Teaching is all about student engagement, and of all the methods around, few have been as successful as the introduction of Virtual Reality (VR) or Augmented Reality (AR) into the classroom.
It cannot be stressed enough about how much of an innovative technology these devices are, and how unlike any other technology that has been introduced into the classroom, allowing a class to float through a blood vessel, travel anywhere on earth, swim the depths of the ocean or bounce across the surfaces of the moon with an empowered 360 degree view.
VR and AR are related but subtly different systems of creating immersive worlds without having to leave the class. Virtual reality creates a computer-generated world that allows you to experience and interaction with a 3D world that isn’t real, simply by putting on a head-mounted display. The display will typically be split between the viewers eyes, creating a stereoscopic 3D effect with stereo sound, and together with the technology and a means of input tracking, it will create an immersive, believable experience, allowing you to explore the virtual world being generated by the computer.
Augmented reality uses similar computing power to create virtual elements that are overlaid on the real world. Augmented reality is the integration of digital information with the user’s environment in real time. Unlike virtual reality, which creates a totally artificial environment, augmented reality uses the existing environment and overlays new information on top of it.
Both of these systems offer students the possibility of experiencing worlds and features that it would be impossible to visit in any other practical way, and manufacturers of such systems have been quick to produce equipment that is easily accessible by children of all ages. Headset manufacturers have developed systems that can be used by multiple users simultaneously, and this is key to creating a truly educational experience.
While VR headsets are commonplace in homes now – though AR units less so – they lack the fundamental multi-connectivity that turns a plaything into a strong educational tool. This systemisation is a key aspect since it allows a group of children to access the same content and share an experience together.

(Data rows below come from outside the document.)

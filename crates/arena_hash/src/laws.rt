// Laws of maps. Each is a function that does nothing: a call in a body makes its facts available there.
ghost use Rattle.std.specs.Prelude.{◌≡◌, ◌+◌, ◌-◌, ◌*◌, ◌^◌, ◌<◌, ◌≤◌, ◌↔◌, ℕ, List, Bool, Option, Some, Result};
ghost use Rattle.std.specs.List.{Contains};
ghost use Rattle.arena_chunks.specs.Memory.{Memory};
ghost use Rattle.arena_chunks.specs.Frame.{Frame, AreAllApart};
ghost use Rattle.arena_chunks.specs.Source.{View};
ghost use Rattle.arena_store.specs.declared.block.Block.{Block};
ghost use Rattle.arena_items.specs.Costs.{Costs, farthest};
ghost use Rattle.arena_items.specs.declared.room.AllocError.{AllocError};
ghost use Rattle.hash_ring.specs.Finite.{Finite, has};
ghost use Rattle.hash_ring.specs.Policy.{credit, slot_size, table_align, IsSlotsFor};
ghost use Rattle.arena_table.specs.Contents.{kind, content_in};
ghost use Rattle.arena_hash.specs.Accounts.{used, credit_of, unit_of};
ghost use Rattle.arena_hash.specs.Changes.{Becomes, Puts, is_new, is_value};
ghost use Rattle.arena_hash.specs.Maps.{IsMapIn, StaysMap, footprint, map_in, texts_in};
ghost use Rattle.arena_hash.specs.declared.map.HashMap.{HashMap};

use arena_items::Item;
use arena_table::ArenaKey;
use hash_ring::KeyHasher;

/// A map's block has at least the bytes of its pairs. A new map's table for n pairs, with the padding before it, takes
/// at most n units, and with n pairs in it the map has at most half as much credit.
pub fn bytes_law<K: ArenaKey, V: Item, S: KeyHasher>()
    ensures pairs { (memory : Memory) (m : HashMap K V S) → IsMapIn (kind K.Item K.key V.Item S.hash_of) memory m
        → (K.SIZE + V.SIZE) * m.len ≤ m.table.block.size }
    ensures table { (pairs slots : ℕ) → 0 < pairs → IsSlotsFor pairs slots
        → slots * slot_size K.SIZE V.SIZE + (table_align K.ALIGN V.ALIGN - 1)
        ≤ unit_of (kind K.Item K.key V.Item S.hash_of) * pairs }
    ensures full { (pairs slots : ℕ) → IsSlotsFor pairs slots
        → 2 * credit (unit_of (kind K.Item K.key V.Item S.hash_of)) slots pairs
        ≤ unit_of (kind K.Item K.key V.Item S.hash_of) * pairs }
{}

/// The frame law of maps. It says one thing more than `arena_items::laws::frame_law`: searches end where they did. If a
/// map's footprint is apart from the blocks that a call changes, then after the call the map is held, has the same
/// footprint and the same meaning, its footprint is apart from the call's new blocks, and searches end where they did.
/// For a set, use the law of its map, whose values are `()`.
pub fn map_frame_law<K: ArenaKey, V: Item, S: KeyHasher>()
    ensures { (old new : Memory) (before after : List Block) (m : HashMap K V S) → Frame old new before after
        → IsMapIn (kind K.Item K.key V.Item S.hash_of) old m
        → AreAllApart (footprint (kind K.Item K.key V.Item S.hash_of) old m) before
        → StaysMap (kind K.Item K.key V.Item S.hash_of) old new after m }
{}

/// Two maps with the same contents have the same length, whatever their arenas, tables and hashers.
pub fn lengths_law<K: ArenaKey, V: Item, S: KeyHasher>()
    ensures { (a c : Memory) (m w : HashMap K V S)
        → IsMapIn (kind K.Item K.key V.Item S.hash_of) a m → IsMapIn (kind K.Item K.key V.Item S.hash_of) c w
        → ((q : List ℕ) → has (map_in (kind K.Item K.key V.Item S.hash_of) a m) q
        ≡ has (map_in (kind K.Item K.key V.Item S.hash_of) c w) q)
        → m.len ≡ w.len }
{}

/// Facts about a map's keys: each key is stored under its content, and the map's texts are those of its keys.
pub fn texts_law<K: ArenaKey, V: Item, S: KeyHasher>()
    ensures contents { (memory : Memory) (m : HashMap K V S) (q : List ℕ) (p : K × V)
        → map_in (kind K.Item K.key V.Item S.hash_of) memory m q ≡ Some p
        → content_in K.key memory p.0 ≡ q }
    ensures texts { (memory : Memory) (m : HashMap K V S) (b : Block)
        → IsMapIn (kind K.Item K.key V.Item S.hash_of) memory m
        → Contains (texts_in (kind K.Item K.key V.Item S.hash_of) memory m) b
        ↔ ((q : List ℕ) × (p : K × V) × (map_in (kind K.Item K.key V.Item S.hash_of) memory m q ≡ Some p)
        × (K.key.text p.0 ≡ b)) }
{}

/// What a program's calls on one map or set take together: each insert raises the sum of the bytes that the arena uses
/// and the map's credit by at most two units, whatever it returns, and calls that take no memory don't raise it. So n
/// inserts take at most 2 * n units more than the credit that the map had.
pub fn costs_law<K: ArenaKey, V: Item, S: KeyHasher>()
    ensures inserts { (old new : View) (m w : HashMap K V S) (key : K) (value : V)
        (result : Result (Option V) AllocError)
        → Puts (kind K.Item K.key V.Item S.hash_of) old new m key value is_value w result
        → used new + credit_of (kind K.Item K.key V.Item S.hash_of) w
        ≤ used old + (credit_of (kind K.Item K.key V.Item S.hash_of) m
        + 2 * unit_of (kind K.Item K.key V.Item S.hash_of)) }
    ensures set_inserts { (old new : View) (m w : HashMap K V S) (item : K) (value : V)
        (result : Result Bool AllocError)
        → Puts (kind K.Item K.key V.Item S.hash_of) old new m item value is_new w result
        → used new + credit_of (kind K.Item K.key V.Item S.hash_of) w
        ≤ used old + (credit_of (kind K.Item K.key V.Item S.hash_of) m
        + 2 * unit_of (kind K.Item K.key V.Item S.hash_of)) }
    ensures others { (old new : View) (m w : HashMap K V S) (is : Finite K V)
        → Becomes (kind K.Item K.key V.Item S.hash_of) old new m is w
        → used new + credit_of (kind K.Item K.key V.Item S.hash_of) w
        ≤ used old + credit_of (kind K.Item K.key V.Item S.hash_of) m }
{}

/// What an insert costs over an arena of least alignment 1, in the form that `arena_items::laws::costs_law` adds up:
/// two units, less the rise of the map's credit, or plus its fall, whatever is returned. A refusal over a growing arena
/// is starved; over any other it means that the arena has fewer bytes. So n inserts cost at most 2 * n units plus the
/// credit before.
pub fn insert_law<K: ArenaKey, V: Item, S: KeyHasher>()
    ensures map { (old new : View) (m w : HashMap K V S) (key : K) (value : V)
        (result : Result (Option V) AllocError)
        → old.memory.state.min_align ≡ 1 → K.SIZE ≤ 2 ^ 24 → V.SIZE ≤ 2 ^ 24
        → IsMapIn (kind K.Item K.key V.Item S.hash_of) old.memory m
        → Puts (kind K.Item K.key V.Item S.hash_of) old new m key value is_value w result
        → Costs farthest (2 * unit_of (kind K.Item K.key V.Item S.hash_of))
        (credit_of (kind K.Item K.key V.Item S.hash_of) m)
        (credit_of (kind K.Item K.key V.Item S.hash_of) w) old new result }
    ensures set { (old new : View) (m w : HashMap K V S) (item : K) (value : V) (result : Result Bool AllocError)
        → old.memory.state.min_align ≡ 1 → K.SIZE ≤ 2 ^ 24 → V.SIZE ≤ 2 ^ 24
        → IsMapIn (kind K.Item K.key V.Item S.hash_of) old.memory m
        → Puts (kind K.Item K.key V.Item S.hash_of) old new m item value is_new w result
        → Costs farthest (2 * unit_of (kind K.Item K.key V.Item S.hash_of))
        (credit_of (kind K.Item K.key V.Item S.hash_of) m)
        (credit_of (kind K.Item K.key V.Item S.hash_of) w) old new result }
{}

Systems such as ClassVR are designed to integrate an experience for students and operate around a central processing unit which sends the same information to each headset, meaning that children can all engage and observe the same information at once. In order to do this, the headsets used in such equipment move away from the current design that tends to require a device such as a mobile phone to transmit the images via the binocular screens that becomes the 3D image. The fundamental issue with that type of system is one of lack of synchronisation between devices and everyone viewing the content potentially at different times. In order to make a system such as this truly useful, it has to be played out so that all of the class access the content at the same time.
… allowing a class to float through a blood vessel, travel anywhere on earth, swim the depths of the ocean or bounce across the surfaces of the moon with an empowered 360 degree view …
This has led to the development of specialist headsets which have a wealth of on-board computational systems and are Bluetooth enabled so that the data is streamed to each headset simultaneously and seamlessly. That function alone creates a believable world which is ripe for educational purposes and engages the learners, not just by allowing the tutor to send the lesson to all of them at the same time, but also allowing the students to interact with the teacher and each other in real time.
Headsets of this nature tend to have a quad-core processing unit, at least 2gb of on-board memory, the latest Bluetooth standard and a gyroscopic system for control and movement through the virtual world. Many systems also employ a front-facing camera to position other users and integral headphones to allow for a fully immersive experience.
Because the processing power is retained within the headset, the actual VR software can be run from a central computer or even a simple website so that it’s fast to load and runs without a hitch. Obviously, what works with VR also holds for AR too, though that has the element of real-world interface too, catered for by the on-board camera and augmented by the virtual elements driven by the software.
While AR/VR might be seen as almost essential for the teaching of sciences, mathematics, languages, art and English, there is a growing sector that is aiming this kind of technology on behavioural techniques too. Virtual reality exposure therapy for conditions such as PTSD is becoming one of the most common uses of VR, but many other applications also exist. By using thoughtful program design and some creative innovation, VR can be useful to treat a wide variety of phobias and disorders, such as:
Attention Deficit Disorder (ADD)
Attention Deficit Hyperactivity Disorder (ADHD)
Obsessive Compulsive Disorder (OCD)
Agoraphobia – the fear of places, especially public places.
Termed virtual reality therapy, this is usually used as part of a larger therapeutic program. For the VR section, the user is exposed to a specially-designed virtual environment with the stimuli they have previously associated with fear or unpleasant situations, such as spiders. Initially the user might see an environment that contains just a few instances of these stimuli, but over the course of therapy, the negative stimuli increase in number and intensity. This exposure helps the sufferer relax and gradually become comfortable with their fear, finally curing their fears.
AR and VR are tremendously powerful tools and with a growing library of content available, it is becoming an increasingly viable means of delivering education and therapy. As systems become both cheaper and more powerful, they are likely to become the tool of choice for these sectors.